バイオプラスチック特集を掲載した日経バイオテクが発行になりました。前回も書きましたが、バイオプラスチックの素材側の話題はあまり盛り込めませんでした。特集から漏れた話題については、順次、オンラインにアップしています。「取材を受けたのに、どこにも記載がないじゃないか」とお思いの方、しばしお待ちください。
 今回、素材メーカーにお話を伺って認識を新たにしたのは、日本のバイオプラスチック市場の変遷と、日米欧の現在の市場の様子がかなり違っているということです。バイオプラスチックが登場した当初、日本では「生分解性」の特徴こそが、その象徴だったわけです。しかし2005年ごろを境に、「生分解性」からCO2の排出削減や石油資源代替を満足する「植物度」へと、バイオプラスチックに求められる特徴が大きくシフトしていきました。
 生分解性と耐久性は相反する性質なので、生分解性を追い求める限り、耐久消費財にバイオプラスチックの使用が広がらないというジレンマがありました。生分解性という足かせが外れたことで、生分解性ではない素材と混合して耐衝撃性、難燃性、成形サイクルの早さなどを達成する方法が取れるようになり、実際にさまざまな用途に使えるバイオプラスチックが開発されてきたわけです。その一方で、現在の日本では、バイオプラスチックの生分解性という特徴が取り上げられることが少なくなっていると思います。

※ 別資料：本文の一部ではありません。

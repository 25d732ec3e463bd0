//! A page-mapped device over a flash medium: pages by virtual address, and pages under numbers that never change. A table in memory
//! leads each number to the page of the medium that it has. A call of its own cleans a block.
#![tactic(auto)]

mod cleaning;
mod copying;
mod counts;
mod making;
mod moving_pages;
mod named_pages;
mod pagemap;
mod placing;
mod virtual_pages;

pub use cleaning::Cleaning;
pub use pagemap::Pagemap;
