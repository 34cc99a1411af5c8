// A running part ends by a closing and becomes one of its compensations: the one on which a number falls when each compensation
// has a weight. The modes in t are those of the state before, and become those of the state after; the answer says how far into
// the compensation the number falls, how many steps it has by the cue and whether it can end done. A compensation without
// weight is passed over without being looked at, however many there are. What is known of the parts that run is counted once, into
// a table, and read from there: a choice looks at each part a few times.
#![tactic(auto)]

ghost use Rattle.std.specs.Prelude.{◌≡◌, not, cond, ◌+◌, ◌*◌, ◌<◌, T, length, set};
ghost use Rattle.calculus.specs.Term.{done, withdrawn};
ghost use Rattle.calculus.specs.Successors.{eqc};
ghost use Rattle.flow.specs.declared.Operator.TheVariants.{Sequence, Choice, Parallel};
ghost use Rattle.tallies.specs.Capped.{cap};
ghost use Rattle.tallies.specs.Formulas.{closing, when_t, by_w, total, after_g, beside_g, partners_t, fitting_t};
ghost use Rattle.states.specs.declared.Course.TheVariants.{Pair, Both, Held};
ghost use Rattle.states.specs.declared.Sense.TheVariants.{Undoing};
ghost use Rattle.states.specs.Becomes.{Lands};
ghost use Rattle.states.specs.Rows.{share, row, notes};
ghost use Rattle.states.specs.Stage.{scene_at, notes_at, SameLent};
ghost use Rattle.states.specs.Clauses.{Spot, scene, noted_at, weight_of, ask, Chosen, Weighed, Undone};
ghost use Rattle.seek.specs.Asked.{course_at, asked, lone, PairLeft, UndoneBelow, Wanted, Below, SecondWanted, SecondChosen};

use flow::{Operator, Two};
use states::{Basis, Course, Moving, Picked};
use tallies::{Closing, Tally, Weight, Word};

// What is known of running parts ------------------------------------------------------------------------------------

// The three numbers of a tally that weights look at, at place k of the table. By what else compensations can end is not kept.
fn share(d: &[u32], k: usize) -> Tally
    requires { k + 2 < length d.now }
    ensures { result ≡ share d.now k }
{
    Tally {
        many: d[k],
        able: d[k + 1],
        moves: d[k + 2],
        withdraws: false,
        fails: false,
    }
}

// What is kept of node i's running part. Its own number of steps, which no weight looks at, is not.
fn word_at(d: &[u32], i: usize) -> Word
    requires { 9 * i + 8 < length d.now }
    ensures { result ≡ row d.now i }
{
    Word {
        moves: 0,
        done: share(d, 9 * i),
        withdrawn: share(d, 9 * i + 3),
        failed: share(d, 9 * i + 6),
    }
}

// Weights -----------------------------------------------------------------------------------------------------------

// On which of three endings a number falls, and how far into its weight.
#[derive(Clone, Copy)]
struct Fall {
    rest: u32,
    ending: Closing,
}

// Where the first two of them weigh x and y.
fn ending_at(x: u32, y: u32, j: u32) -> Fall
    ensures { Lands x y j (closing result.ending) result.rest }
{
    if j < x {
        return Fall {
            ending: Closing::Done,
            rest: j,
        };
    }
    let k = j - x;
    if k < y {
        Fall {
            ending: Closing::Withdrawn,
            rest: k,
        }
    } else {
        Fall {
            ending: Closing::Failed,
            rest: k - y,
        }
    }
}

// What is kept of the compensations of node i's running part by w. Functions on weights take the table and the node: with the word handed
// on in their stead, flows that are undone took 6 percent longer.
fn tally_at(d: &[u32], i: usize, w: Closing) -> Tally
    requires { 9 * i + 8 < length d.now }
    ensures { result ≡ by_w (row d.now i) (closing w) }
{
    word_at(d, i).by(w)
}

// The one compensation by done that is kept of node i, of a pair or of what is held, where j is left of the number.
fn lone_at(d: &[u32], i: usize, j: u32) -> Picked
    requires { 9 * i + 8 < length d.now }
    ensures { result ≡ lone (row d.now i) j }
{
    let y = share(d, 9 * i);
    Picked {
        rest: j,
        moves: y.moves,
        able: y.able != 0,
    }
}

// What all compensations of node i's running part by w weigh.
fn weight_by(d: &[u32], i: usize, w: Closing, g: Weight) -> u32
    requires { 9 * i + 8 < length d.now }
    ensures { result ≡ total (by_w (row d.now i) (closing w)) g }
{
    g.total(tally_at(d, i, w))
}

// What the compensations of PP, node i, weigh in PP;QQ by w: nothing if w is done, since then QQ goes on.
fn own_weight(d: &[u32], i: usize, w: Closing, g: Weight) -> u32
    requires { 9 * i + 8 < length d.now }
    ensures { result ≡ total (when_t (not (eqc (closing w) done)) (by_w (row d.now i) (closing w))) g }
{
    match w {
        Closing::Done => 0,
        Closing::Withdrawn | Closing::Failed => weight_by(d, i, w, g),
    }
}

// What a compensation of PP weighs with all those of QQ, node i, by w.
fn weight_before(d: &[u32], i: usize, w: Closing, g: Weight) -> Weight
    requires { 9 * i + 8 < length d.now }
    ensures { result ≡ after_g (by_w (row d.now i) (closing w)) g }
{
    g.after(tally_at(d, i, w))
}

// The steps of l;k, where l has so many and can end done or not.
fn moves_before(able: bool, l: u32, k: u32) -> u32
    ensures { result ≡ cond able (cap (l + k)) l }
{
    if able { tallies::sum(l, k) } else { l }
}

// Parallel: how many compensations of the second side, node i, go with endings x of the first and y of its own.
fn fitting_count(d: &[u32], i: usize, w: Closing, x: Closing, y: Closing) -> u32
    requires { 9 * i + 8 < length d.now }
    ensures { result ≡ (fitting_t (row d.now i) (closing w) (closing x) (closing y)).many }
{
    let y = word_at(d, i).fitting(w, x, y);
    y.many
}

// And how many with x whatever its own.
fn partner_count(d: &[u32], i: usize, w: Closing, x: Closing) -> u32
    requires { 9 * i + 8 < length d.now }
    ensures { result ≡ (partners_t (row d.now i) (closing w) (closing x)).many }
{
    let a = fitting_count(d, i, w, x, Closing::Done);
    let b = fitting_count(d, i, w, x, Closing::Withdrawn);
    let c = fitting_count(d, i, w, x, Closing::Failed);
    tallies::sum(tallies::sum(a, b), c)
}

// What a compensation of the first side by x weighs with all that go with it, joint or not. Where only they are counted, their number
// is enough: what is joint is a step.
fn beside(joint: bool, d: &[u32], i: usize, w: Closing, x: Closing, g: Weight) -> Weight
    requires { 9 * i + 8 < length d.now }
    ensures { result ≡ beside_g joint (partners_t (row d.now i) (closing w) (closing x)) g }
{
    if g.own_only() {
        let own = tallies::product(g.own, partner_count(d, i, w, x));
        return Weight {
            own,
            moves: 0,
            able: 0,
        };
    }
    g.beside(joint, word_at(d, i).partners(w, x))
}
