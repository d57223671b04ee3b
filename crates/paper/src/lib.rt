// The definitions, in specs/: all that a reader must believe, a file for each source.
// FIPS 197; the AEZ paper's section 7 and Figures 5 and 6; document 01. No code and no lemma.
#![tactic(auto)]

 しかしこれは、世界共通の事情というわけではありません。特に欧州では家庭ごみ削減の観点から、現在でも、バイオプラスチックの生分解性が重要視されています。そのような欧州のマーケット需要にマッチする素材開発が、実は日本では脈々と続けられ、現在、ようやく花開こうとしています。
 例えばカネカが開発したPHBHという生分解性のバイオプラスチック素材は、添加剤を加えなくてもポリエチレンのように柔らかく、嫌気条件でも低温で分解する、というほかのバイオプラスチックにはない特徴を持っています。この特徴は、欧州の家庭で普及しているコンポストでのゴミ処理を前提にすると、生ゴミを入れるゴミ袋の素材としてとても適しています。ゴミ袋も生ゴミとともに、コンポスト内で分解されるからです。

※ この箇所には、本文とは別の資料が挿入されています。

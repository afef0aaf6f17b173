// Where in a file a fault is, in the terms of the file's format.
ghost use Rattle.std.specs.Prelude.{◌≡◌, ◌+◌, ◌++◌, IfOk, string_bytes, codes};
ghost use Rattle.std.specs.Fmt.{decimal};
ghost use Rattle.refusal_text.specs.Place as spec;

use apiservice_rows::RowFault;
use front_config::FileFault;
use policy_json::PolicyFault;
use std::alloc::{AllocError, Global};

// An element of a list, or nothing for what stands in no list.
fn element(alloc: Global, list: &str, place: Option<usize>) -> Result<String, AllocError>
    ensures { IfOk result (λ text. string_bytes text ≡ spec.element list.now place) }
{
    match place {
        None => Ok(String::new(alloc)),
        Some(place) => format!(in alloc; "{list}[{place}]"),
    }
}

// A member of an element of a list, or of what stands in no list.
fn member_of(
    alloc: Global,
    list: &str,
    place: Option<usize>,
    member: &str,
) -> Result<String, AllocError>
    ensures { IfOk result (λ text. string_bytes text ≡ spec.member_of list.now place member.now) }
{
    match place {
        None => String::from_str(alloc, member),
        Some(place) => format!(in alloc; "{list}[{place}].{member}"),
    }
}

fn is_whole(place: Option<u32>, name: &str) -> bool
    ensures { result ≡ spec.is_whole place name.now }
{
    name == "number" || place.is_some() && name == "rules"
}

fn size_of(place: Option<u32>) -> Option<usize>
    ensures { result ≡ place }
{
    match place {
        Some(place) => Some(place as usize),
        None => None,
    }
}

fn policy_member(alloc: Global, rule: Option<u32>, name: &str) -> Result<String, AllocError>
    ensures { IfOk result (λ text. string_bytes text
        ≡ spec.policy_place (PolicyFault.BadField rule name.now)) }
{
    if is_whole(rule, name) {
        element(alloc, "rules", size_of(rule))
    } else {
        member_of(alloc, "rules", size_of(rule), name)
    }
}

fn policy_place(alloc: Global, fault: &PolicyFault) -> Result<String, AllocError>
    ensures { IfOk result (λ text. string_bytes text ≡ spec.policy_place fault.now) }
{
    match fault {
        PolicyFault::NotJson | PolicyFault::NoMemory => Ok(String::new(alloc)),
        PolicyFault::NoRules => String::from_str(alloc, "rules"),
        PolicyFault::BadField { rule, name } => policy_member(alloc, *rule, name.as_str()),
        PolicyFault::BothKinds { rule } => element(alloc, "rules", Some(*rule as usize)),
        PolicyFault::BadUrl { rule } => {
            member_of(alloc, "rules", Some(*rule as usize), "nonResourceURLs")
        }
        PolicyFault::NamesWithoutResources { rule } => {
            member_of(alloc, "rules", Some(*rule as usize), "resources")
        }
    }
}

fn row_member(alloc: Global, item: Option<usize>, member: &str) -> Result<String, AllocError>
    ensures { IfOk result (λ text. string_bytes text ≡ spec.row_place (RowFault.BadField item member.now)) }
{
    if member == "number" {
        element(alloc, "items", item)
    } else {
        member_of(alloc, "items", item, member)
    }
}

fn row_place(alloc: Global, fault: &RowFault) -> Result<String, AllocError>
    ensures { IfOk result (λ text. string_bytes text ≡ spec.row_place fault.now) }
{
    match fault {
        RowFault::NotJson | RowFault::NoMemory => Ok(String::new(alloc)),
        RowFault::BadField { item, member } => row_member(alloc, *item, member.as_str()),
        RowFault::NameMismatch { item } => member_of(alloc, "items", *item, "metadata.name"),
        RowFault::Range { item, member } => member_of(alloc, "items", *item, member.as_str()),
        RowFault::Repeated { item, .. } => {
            member_of(alloc, "items", Some(*item), "metadata.name")
        }
        RowFault::Full => String::from_str(alloc, "items"),
    }
}

fn record_place(alloc: Global, row: u32) -> Result<String, AllocError>
    ensures { IfOk result (λ text. string_bytes text ≡ codes "record " ++ decimal (row + 1)) }
{
    let number = row as u64 + 1;
    format!(in alloc; "record {number}")
}

/// Where in its file a fault is: the record of a file of tokens or endpoints, or the member of a policy or of APIService
/// objects. Empty for the file as a whole.
pub fn place_of(alloc: Global, fault: &FileFault) -> Result<String, AllocError>
    ensures { IfOk result (λ text. string_bytes text ≡ spec.place_of fault.now) }
{
    match fault {
        FileFault::TooLong | FileFault::NotJson(_) => Ok(String::new(alloc)),
        FileFault::Token { row, .. } | FileFault::Endpoint { row, .. } => {
            record_place(alloc, *row)
        }
        FileFault::PolicyFile(fault) => policy_place(alloc, fault),
        FileFault::RowsFile(fault) => row_place(alloc, fault),
    }
}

 また、東洋紡が開発し、現在、接着剤用樹脂として売り込みの努力を続けている非晶性ポリ乳酸素材「バイロエコール」も、欧州市場にマッチした商品といえそうです。欧州では、スナックの袋も生分解性のことが多いようです。その素材には、表面と裏面にそれぞれ機能を持たせるため、2枚のフィルムをを張り合わせて1枚にしたものが、一般的に用いられているようです。
 張り合わせるためには接着剤が必要です。生分解性の接着剤が商品化されていないというニーズを、同社はこの「バイロエコール」で捉えつつあります。
 米国マーケットはどちらかというと「CO2排出削減」「石油代替資源」重視ですが、大手食品会社がスナック菓子のパッケージに生分解性プラスチックを採用したという話も。日本市場ほど一辺倒ではないようです。この市場を狙う日本の企業も、当然、あるようです。2011年は世界のバイオプラスチック市場に、それぞれ転機が訪れそうです。楽しみですね。
 2010年のBTJ/GreenInnovationメールの配信は本日で最後となります。1年間、お読みいただきありがとうございました。2011年もよろしくお願いします。